It’s a shame Joe Biden’s campaign hasn’t gone anywhere.
The Delaware Senator, who was first elected when M*A*S*H was a brand new series, actually announced his plans to run ahead of everyone else—in June 2005—but the head start has done him no good: He can’t raise money, can’t move his poll numbers, and can’t break his way into the Hillary-Barack-and-John storylines that define the media’s coverage of the Democratic race.
But every time the Democratic eight gather for yet another debate, it is Mr. Biden who takes the scraps of free television time he’s afforded and turns in the most consistently presidential performance of any candidate from either party.
He was at it again Sunday, when ABC’s George Stephanopoulos took his turn quizzing the Democrats in Des Moines.
As all of the moderators before him have done, Mr. Stephanopoulos dutifully focused his most pointed questions and follow-ups on the big names, trying to create public conflict between them. And as usual, the instant press analysis afterwards played up the clashing—or lack thereof, as the case was on Sunday—of the front-runners.
But once again, it was Mr. Biden who offered the most compelling presentation, in substance and style. Too often, he is rather curtly dismissed as a windbag, a not entirely unfounded criticism that ignores his innate knack for locking in and connecting with an audience—mixing deep policy knowledge with a quick wit and some of the flair of a good storyteller.
The best ingredients in Mr. Biden all seem to congeal when the subject turns foreign policy. Take his dust-up on Sunday with Bill Richardson over Mr. Richardson’s nakedly opportunistic—and entirely too easy, since as a Governor his musings are all theoretical—“plan” to withdraw every single U.S. troop from Iraq by this December. Mr. Richardson, rather than bothering with the pesky details, has sought to score points with his party’s base by staking out what it seemingly the clearest anti-war position among the six credible Democratic candidates.
Given the chance Sunday, Mr. Biden called him out.
“My reaction,” he said when he was asked about the December withdrawal idea, “is that it’s time to start leveling with the American people. This administration hasn’t been doing it for seven years. We should.”
If you began withdrawing forces now, Mr. Biden noted, it would take a minimum of one full year to drawn down completely—with the issue of the safety of civilians left in the green zone still unresolved. He also sketched out his plan for a loosely federated Iraq, with separate regions for Sunnis, Shiites and Kurds, one of the themes of his campaign and an idea that, he noted, is gaining some traction in Washington.
In another answer on the same topic, Mr. Biden connected Iraq to the Balkan violence of the 1990s, arguing that the same concept of “separating the parties” had produced peace there. “If it ends with this country splintering, we will have for a generation our grandchildren engaged in a regional war that will be consequential far beyond—far beyond—Iraq,” he said.

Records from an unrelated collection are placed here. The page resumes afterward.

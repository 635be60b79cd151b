//! The variables that have a reduced cell, for each reduced cell.
ghost use Rattle.std.specs.Prelude.{◌≡◌, ◌<◌, ◌≤◌, ◌++◌, ◌∷◌, [], length, slice_set, slice_index_or, replicate, IfOk};
ghost use Rattle.std.specs.Prelude.{OnOk};
ghost use Rattle.heesch_grid.specs.Lattice.{IsTriple};
ghost use Rattle.heesch_tiling.specs.Counting.{window_size};
ghost use Rattle.heesch_torus.specs.Variables.{sets_of, AreReducedSets, IsReducedSet};
ghost use Rattle.heesch_torus.specs.Covering.{AreCovering, AddsNumber};

use crate::found::Variable;
use crate::incidence::TorusSets;
use heesch_grid::{Cell, Grid};
use heesch_io::{NoMemory, Seq};
use heesch_lattice::Triple;
use heesch_tiling::{number_of, window_size};
use std::alloc::Global;
use std::marker::PhantomData;

/// Adds a number to the k-th list.
fn add_to(lists: &mut [Seq<u32>], k: usize, variable: u32) -> Result<(), NoMemory>
    requires { k < length lists.old }
    ensures { OnOk result (lists.new ≡ slice_set lists.old k (slice_index_or lists.old k [] ++ variable ∷ [])) }
{
    lists[k].push(variable)
}

/// Adds the number of a variable to the lists of its cells.
fn add_variable<G: Grid>(
    lists: &mut [Seq<u32>],
    triple: Triple,
    cells: &[Cell],
    variable: u32,
) -> Result<(), NoMemory>
    requires triple { IsTriple triple }
    requires all { length lists.old ≡ window_size G.geometry triple }
    requires cells { IsReducedSet G.geometry triple cells.now }
    ensures { OnOk result (AddsNumber G.geometry triple cells.now variable lists.old lists.new) }
{
    for c in cells {
        add_to(lists, number_of::<G>(triple, *c), variable)?;
    }
    Ok(())
}

/// An empty list for each number.
fn empty_lists(alloc: Global, count: usize) -> Result<Vec<Seq<u32>>, NoMemory>
    ensures { IfOk result (λ v. v.items ≡ replicate count []) }
{
    let mut lists = Vec::new(alloc);
    for _ in 0..count {
        lists.push(Seq::new(alloc))?;
    }
    Ok(lists)
}

/// Adds the numbers of the variables to the lists of their cells.
fn add_variables<G: Grid>(lists: &mut [Seq<u32>], sets: &TorusSets<G>) -> Result<(), NoMemory>
    requires { AreCovering G.geometry sets.now.triple [] lists.old }
    ensures { OnOk result (AreCovering G.geometry sets.now.triple (sets_of sets.now.variables.now) lists.new) }
{
    let triple = sets.triple;
    let variables = sets.variables;
    for (before, variable) in variables.iter().enumerate() {
        add_variable::<G>(
            lists,
            triple,
            variable.residues.as_slice(),
            before as u32 + 1,
        )?;
    }
    Ok(())
}

/// For each pair of the window the numbers of the variables that have it, in rising order.
pub(crate) fn lists_of_sets<G: Grid>(
    alloc: Global,
    sets: &TorusSets<G>,
) -> Result<Vec<Seq<u32>>, NoMemory>
    ensures { IfOk result
        (λ lists. AreCovering G.geometry sets.now.triple (sets_of sets.now.variables.now) lists.items) }
{
    let mut lists = empty_lists(alloc, window_size::<G>(sets.triple))?;
    add_variables(&mut lists, sets)?;
    Ok(lists)
}

/// For each pair of the window the numbers of the variables that have it, in rising order.
///
/// Condition: the variables' cells are reduced, and there are at most 4,608 variables. `NoMemory` says nothing more.
/// Cost: a step for each pair of the window, and one for each cell of each variable.
pub fn covering_lists<G: Grid>(
    alloc: Global,
    triple: Triple,
    variables: &[Variable],
) -> Result<Vec<Seq<u32>>, NoMemory>
    requires triple { IsTriple triple }
    requires sets { AreReducedSets G.geometry triple (sets_of variables.now) }
    requires few { length variables.now ≤ 4608 }
    ensures { IfOk result (λ lists. AreCovering G.geometry triple (sets_of variables.now) lists.items) }
{
    let sets = TorusSets::<G> {
        triple,
        variables,
        grid: PhantomData,
    };
    lists_of_sets(alloc, &sets)
}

There is so much to like about Mr. Biden in moments like this.
Of all of the candidates, he is easily the most respectful of the audience’s intelligence and maturity. He and Mr. Richardson are both steeped in foreign policy and can rightly claim to speak with authority on it, but Mr. Biden refuses to pander by offering a gimmick he knows could never actually work, the way Mr. Richardson does with his December withdrawal plan.

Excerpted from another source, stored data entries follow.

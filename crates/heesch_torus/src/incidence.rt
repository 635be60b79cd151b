//! The variables of a torus formula, and which of them have a cell.
ghost use Rattle.std.specs.Prelude.{◌≤◌, ◌*◌, length};
ghost use Rattle.std.proofs.Props.{props};
ghost use Rattle.heesch_grid.specs.Lattice.{IsTriple};
ghost use Rattle.heesch_grid.proofs.Connected.{IsRising-prop};
ghost use Rattle.heesch_torus.specs.Covering.{AreCovering};
ghost use Rattle.heesch_torus.specs.Variables.{sets_of, AreReducedSets};

use crate::found::Variable;
use heesch_grid::Grid;
use heesch_io::Seq;
use heesch_lattice::Triple;
use std::marker::PhantomData;

/// At most 4,608 variables whose residue sets are of the torus of a triple.
#[derive(Drop)]
pub(crate) struct TorusSets<'a, G: Grid> {
    pub triple: Triple,
    pub variables: &'a [Variable],
    pub grid: PhantomData<G>,
    ghost lattice: { IsTriple triple },
    ghost sets: { AreReducedSets G.geometry triple (sets_of variables.now) } by { Prim.hlevel (props, IsRising-prop) },
    ghost few: { length variables.now ≤ 4608 },
}

/// Such variables of a triple with at most 384 translations, and for each pair of the window the numbers of those that
/// have it.
#[derive(Drop)]
pub(crate) struct Incidence<'a, G: Grid> {
    pub sets: &'a TorusSets<'a, G>,
    pub lists: &'a [Seq<u32>],
    ghost small: { sets.now.triple.p * sets.now.triple.q ≤ 384 },
    ghost covering: { AreCovering G.geometry sets.now.triple (sets_of sets.now.variables.now) lists.now },
}
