//! The search for a cover of a triple.
ghost use Rattle.std.specs.Prelude.{◌≡◌, ◌≤◌, true, length, IfOk};
ghost use Rattle.heesch_grid.specs.declared.Cell.{Cell};
ghost use Rattle.heesch_grid.specs.Cells.{has};
ghost use Rattle.heesch_grid.specs.Vectors.{IsWithin};
ghost use Rattle.heesch_torus.specs.Domain.{HasDomain};
ghost use Rattle.heesch_torus.specs.Answer.{IsTorusAnswer};

use crate::formula::formula_with_variables;
use crate::outcome::{Outcome, solve};
use crate::places::chosen_tiling;
use heesch_cert::Tiling;
use heesch_cnf::Log;
use heesch_grid::Grid;
use heesch_io::NoMemory;
use heesch_lattice::Triple;
use heesch_shape::Shape;
use std::alloc::Global;

/// Whether there is a cover for a triple.
#[derive(Drop)]
pub enum TorusAnswer {
    /// A cover.
    Tiles { tiling: Tiling },
    /// There is none: the log refutes the torus formula.
    None { log: Log },
    /// The turns are used up: the log has as many lines, each of them new, and no final line holds.
    Spent { log: Log },
}

/// Searches for a cover of a triple by the torus formula, for so many turns, 1 to 1,000,000.
///
/// Tiles has a periodic cover: its places are the isometries of residue sets in number order, each
/// the first within the triple by turn, db and da that gives its set. None comes only where the
/// triple has no cover, with a log of Learn lines that refutes the torus formula. Spent comes only
/// with a log of as many Learn lines as turns over which no final line holds, whatever its hints, and
/// so never where the turns are more than 3 to the power of the number of the formula's variables. No
/// line contains a clause before it. Condition: the cells lie within 100,000 of 0, and the triple is
/// one of a domain of 1 to 12 tiles.
///
/// Cost: that of the torus formula, and of the solver's search.
pub fn search<G: Grid>(
    alloc: Global,
    shape: &Shape<G>,
    triple: Triple,
    turns: u32,
) -> Result<TorusAnswer, NoMemory>
    requires near { (c : Cell) → has shape.now c ≡ true → IsWithin 100000 c }
    requires domain { HasDomain G.geometry (length shape.now) triple }
    requires some { 1 ≤ turns }
    requires few { turns ≤ 1000000 }
    ensures { IfOk result (IsTorusAnswer G.geometry shape.now triple turns) }
{
    let (formula, variables) = formula_with_variables(alloc, shape, triple)?;
    let outcome = solve(alloc, formula, turns)?;
    match outcome {
        Outcome::Model { values } => {
            let tiling = chosen_tiling(alloc, triple, variables.as_slice(), values.as_slice())?;
            Ok(TorusAnswer::Tiles { tiling })
        }
        Outcome::Refuted { log } => Ok(TorusAnswer::None { log }),
        Outcome::Spent { log } => Ok(TorusAnswer::Spent { log }),
    }
}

Mr. Biden also doesn’t water down his views on Iraq, even though he has known all along that they put him somewhat at odds with the Democratic base. Instead, he explains—with evident and refreshing passion—how he arrived at his views, assuming a certain level of foreign policy sophistication on the part of the audience. There is an inherent respect for the intellect of his audience—and his skeptics—in Mr. Biden’s presentation, a welcome contrast to the insulting manipulation often evident in Hillary Clinton’s canned evasions.
And when Mr. Biden delivers his message, there is more inflection in his voice than the other candidates’, and he always seems to match the right pace and pitch to the topic at hand. Despite his past verbal slip-ups, he is actually an outstanding television candidate, someone who knows how to show he has blood in his veins without being too hot.
Every debate, it seems, ends up producing an observation from some pundit, strictly as an afterthought, that Mr. Biden was actually the best candidate on stage. And since there’s still no sign that his campaign is catching on after more than a half-dozen high profile debates and forums so far, it’s hard to see how he can get much beyond this footnote status.
It’s a shame, but it looks like the only way Mr. Biden will make history when this campaign is over is as a curiosity: the candidate who won no delegates, but every debate.